Huang Biqin, Gu Peifu, Yang Ligong
State Key Laboratory for Modern Optical Instrumentation, Zhejiang University, Yugu Road, Hangzhou 310027, People's Republic of China.
Phys Rev E Stat Nonlin Soft Matter Phys. 2003 Oct;68(4 Pt 2):046601. doi: 10.1103/PhysRevE.68.046601. Epub 2003 Oct 7.

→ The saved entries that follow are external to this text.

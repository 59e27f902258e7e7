//! A run by marks on words of its own.

ghost use Rattle.std.specs.Prelude.{◌≡◌, ℕ, ◌+◌, ◌≤◌, List, IfOk};
ghost use Rattle.xt_model.specs.declared.direction.Direction.TheVariants.{Narrow};
ghost use Rattle.xt_model.specs.Limits.{most_workers};
ghost use Rattle.xt_model.specs.Build.{IsRoundBound};
ghost use Rattle.xt_model.specs.Assign.{assigned};
ghost use Rattle.xt_meaning.specs.Barrier.{IsFittingStart};
ghost use Rattle.xt_meaning.specs.Laws.{IsExtremeFixpoint};
ghost use Rattle.xt_meaning.specs.Words.{numbers_of};
ghost use Rattle.run_laws.specs.Transitions.{Transition, AreConsistent};
ghost use Rattle.run_laws.specs.Laws.{LieWithin};
ghost use Rattle.net_eval.specs.ReadLists.{AreReadLists};
ghost use Rattle.dirty_words.specs.Readers.{AreReaders};
ghost use Rattle.dirty_run.specs.Rounds.{AreMarkedTurns};

use crate::settling::settle_dirty;
use chaos_core::{Gate, Settled, settle_alone};
use dirty_words::{DirtyBoard, Readers, readers};
use net_eval::ReadLists;
use std::alloc::Global;
use std::thread::Threads;
use xt_model::{Design, Direction, NoMemory, Windows};

/// A run by marks from a fitting start, by workers in threads of their own on a board that they share, one alone too.
/// The readers are those of the read lists, and serve every run on them. In all else it is as [`settle_dirty_from`].
pub fn settle_dirty_among<R: Threads + Sync, G: Gate>(
    rt: &R,
    alloc: Global,
    design: &Design,
    lists: &ReadLists,
    readers: &Readers,
    direction: Direction,
    start: &Windows,
    workers: u32,
    gate: &G,
) -> Result<Settled, NoMemory>
    requires start { IsFittingStart direction design.now start.now }
    requires lists { AreReadLists design.now lists.now }
    requires readers { AreReaders lists.now readers.now }
    requires some { 1 ≤ workers }
    requires few { workers ≤ most_workers }
    ensures extreme { IfOk result (λ settled. IsExtremeFixpoint direction design.now settled.windows) }
    ensures few { IfOk result (λ settled. (bound : ℕ) → IsRoundBound design.now.nets bound
        → settled.rounds ≤ bound + 1) }
    ensures turns { IfOk result (λ settled. AreMarkedTurns
        (record { design = design.now; way = direction; start = start.now }) settled.rounds
        (numbers_of start.now) (numbers_of settled.windows)) }
    ensures consistent { direction ≡ Narrow → IfOk result (λ settled. (xs : List Transition)
        → AreConsistent design.now xs → LieWithin (assigned settled.windows) xs) }
{
    let (board, mut first) = DirtyBoard::open(alloc, design, lists, direction, start)?;
    settle_dirty(
        rt, alloc, &board, &mut first, design, lists, readers, direction, workers, gate,
    )
}

/// A run from a fitting start on words of its own, by this many workers, in which a net is evaluated again only where
/// something that it reads moved: several run in threads of their own on a board that they share, by marks; one alone
/// takes its turns on words in memory. Each passes the gate in each round. The windows are then the least fixpoint in
/// widening and the greatest in narrowing, whatever the workers, and in narrowing all transitions that explain one
/// another lie within them. The run makes at most one round more than the design's bound. Fails only for want of
/// memory.
pub fn settle_dirty_from<R: Threads + Sync, G: Gate>(
    rt: &R,
    alloc: Global,
    design: &Design,
    lists: &ReadLists,
    direction: Direction,
    start: &Windows,
    workers: u32,
    gate: &G,
) -> Result<Settled, NoMemory>
    requires start { IsFittingStart direction design.now start.now }
    requires lists { AreReadLists design.now lists.now }
    requires some { 1 ≤ workers }
    requires few { workers ≤ most_workers }
    ensures extreme { IfOk result (λ settled. IsExtremeFixpoint direction design.now settled.windows) }
    ensures few { IfOk result (λ settled. (bound : ℕ) → IsRoundBound design.now.nets bound
        → settled.rounds ≤ bound + 1) }
    ensures turns { IfOk result (λ settled. AreMarkedTurns
        (record { design = design.now; way = direction; start = start.now }) settled.rounds
        (numbers_of start.now) (numbers_of settled.windows)) }
    ensures consistent { direction ≡ Narrow → IfOk result (λ settled. (xs : List Transition)
        → AreConsistent design.now xs → LieWithin (assigned settled.windows) xs) }
{
    if workers == 1 {
        return settle_alone(alloc, design, lists, direction, start, gate);
    }
    let readers = readers(alloc, lists)?;
    settle_dirty_among(
        rt, alloc, design, lists, &readers, direction, start, workers, gate,
    )
}
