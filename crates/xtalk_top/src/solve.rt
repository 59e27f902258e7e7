//! The command `solve`.

ghost use Rattle.std.specs.Prelude.{◌≡◌, [], ◌∷◌};
ghost use Rattle.xt_io.specs.Outside.{AreOpened};
ghost use Rattle.command_line.specs.Words.{Text, IsWorkerCount};
ghost use Rattle.call_meaning.specs.Outcome.{prints};
ghost use Rattle.call_meaning.specs.Call.{Answers};
ghost use Rattle.call_meaning.specs.Solve.{SolveMeans};

use crate::runs::{Runs, Turns};
use crate::text_report::report_of_text;
use call_meaning::Stop;
use chaos_core::Gate;
use command_line::SolveJob;
use std::alloc::Global;
use std::thread::Threads;
use xt_io::Files;

/// The report of the design whose linked text the job's file holds, by the job's Miller numbers where it has any,
/// solved by the job's workers.
pub fn solve<R: Threads + Sync, F: Files, G: Gate>(
    rt: &R,
    alloc: Global,
    gate: &G,
    files: &mut F,
    job: SolveJob,
) -> Result<Vec<u8>, Stop>
    requires { IsWorkerCount job.workers }
    ensures means { let Meant = SolveMeans job (F.content files.old) in
        Answers result (λ text. Meant (prints text.items)) Meant (F.faults files.old) (F.faults files.new) }
    ensures opened { AreOpened (job.file ∷ []) (F.opened files.old) (F.opened files.new) }
    ensures content { (m : Text) → F.content files.new m ≡ F.content files.old m }
{
    let SolveJob {
        file,
        workers,
        kind,
        miller,
        engine,
    } = job;
    let turns = Turns::by(engine);
    let runs = Runs { workers, turns };
    report_of_text(rt, alloc, gate, files, file, miller, kind, runs)
}
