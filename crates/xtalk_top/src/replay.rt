//! The command `replay`.

ghost use Rattle.std.specs.Prelude.{◌≡◌, [], ◌∷◌};
ghost use Rattle.xt_io.specs.Outside.{AreOpened};
ghost use Rattle.command_line.specs.Words.{Text, IsWorkerCount};
ghost use Rattle.call_meaning.specs.Outcome.{prints};
ghost use Rattle.call_meaning.specs.Call.{Answers};
ghost use Rattle.call_meaning.specs.Replay.{ReplayMeans};

use crate::runs::{Runs, Turns};
use crate::text_report::report_of_text;
use call_meaning::Stop;
use chaos_core::Gate;
use command_line::ReplayJob;
use report_text::ReportKind;
use std::alloc::Global;
use std::thread::Threads;
use xt_io::Files;

/// The whole report of the design whose linked text the job's file holds, by the job's Miller numbers where it has any,
/// solved by the job's workers in the order of its number.
pub fn replay<R: Threads + Sync, F: Files, G: Gate>(
    rt: &R,
    alloc: Global,
    gate: &G,
    files: &mut F,
    job: ReplayJob,
) -> Result<Vec<u8>, Stop>
    requires { IsWorkerCount job.workers }
    ensures means { let Meant = ReplayMeans job (F.content files.old) in
        Answers result (λ text. Meant (prints text.items)) Meant (F.faults files.old) (F.faults files.new) }
    ensures opened { AreOpened (job.file ∷ []) (F.opened files.old) (F.opened files.new) }
    ensures content { (m : Text) → F.content files.new m ≡ F.content files.old m }
{
    let ReplayJob {
        file,
        order,
        workers,
        miller,
    } = job;
    let turns = Turns::Picked(order);
    let runs = Runs { workers, turns };
    report_of_text(rt, alloc, gate, files, file, miller, ReportKind::All, runs)
}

An effective method used to extend the band gap of hybrid one-dimensional photonic crystals is proposed. This method does not require one-dimensional photonic crystals used in the construction of hybrid photonic crystals to have omnidirectional photonic band gaps. This property gives the designers more freedom to select materials used in the design. Another advantage of this method is the ability to obtain very large omnidirectional photonic band gaps of hybrid structures without using too many one-dimensional photonic crystals. Some structures are constructed by this method to prove it. By using TiO2 and SiO2, the structure composed of four one-dimensional photonic crystals based on this method has been calculated and fabricated. The theoretical relative bandwidth of an omnidirectional photonic band gap is 41.33%, and the experimental result is up to 37%, which is very large in the visible region. By comparison, the theoretical relative bandwidth of the conventional method based on the frequency domain is only 14.26%.
提出了一种用于扩展混合一维光子晶体带隙的有效方法。该方法不要求用于构建混合光子晶体的一维光子晶体具有全向光子带隙。这一特性使设计者在选择设计中使用的材料时有更大的自由度。该方法的另一个优点是能够在不使用太多一维光子晶体的情况下获得混合结构非常大的全向光子带隙。通过这种方法构建了一些结构来进行验证。利用TiO₂和SiO₂,计算并制备了基于该方法的由四个一维光子晶体组成的结构。全向光子带隙的理论相对带宽为41.33%,实验结果高达37%,在可见光区域非常大。相比之下,基于频域的传统方法的理论相对带宽仅为14.26%。